** Instructions to follow **
Throughout the listing below, copy each line containing "shown".
------------------------------------------------------------------------
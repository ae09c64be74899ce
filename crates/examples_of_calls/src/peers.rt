// A PeerAuthentication in short: its name and age, its labels, its mode, and the modes of its ports.
use crate::shown::push_labels;
use call_lines::Stop;
use mesh_policy::{Mode, PeerAuthentication};
use std::alloc::Global;

pub fn shown(alloc: Global, peer: &PeerAuthentication) -> Result<String, Stop> {
    let mut out = String::new(alloc);
    write!(out, "{}/{}", peer.namespace, peer.name)?;
    if let Some(age) = &peer.age {
        write!(out, " {age}")?;
    }
    out.push_str(": ")?;
    push_labels(&mut out, &peer.labels)?;
    out.push_str(mode_word(peer.mode))?;
    for port in &peer.ports {
        write!(out, " {}:{}", port.port, mode_word(port.mode))?;
    }
    Ok(out)
}

fn mode_word(mode: Option<Mode>) -> &'static str {
    match mode {
        None => "-",
        Some(Mode::Disable) => "disable",
        Some(Mode::Permissive) => "permissive",
        Some(Mode::Strict) => "strict",
    }
}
------------------------------------------------------------------------
** Answer **
use crate::shown::push_labels;
pub fn shown(alloc: Global, peer: &PeerAuthentication) -> Result<String, Stop> {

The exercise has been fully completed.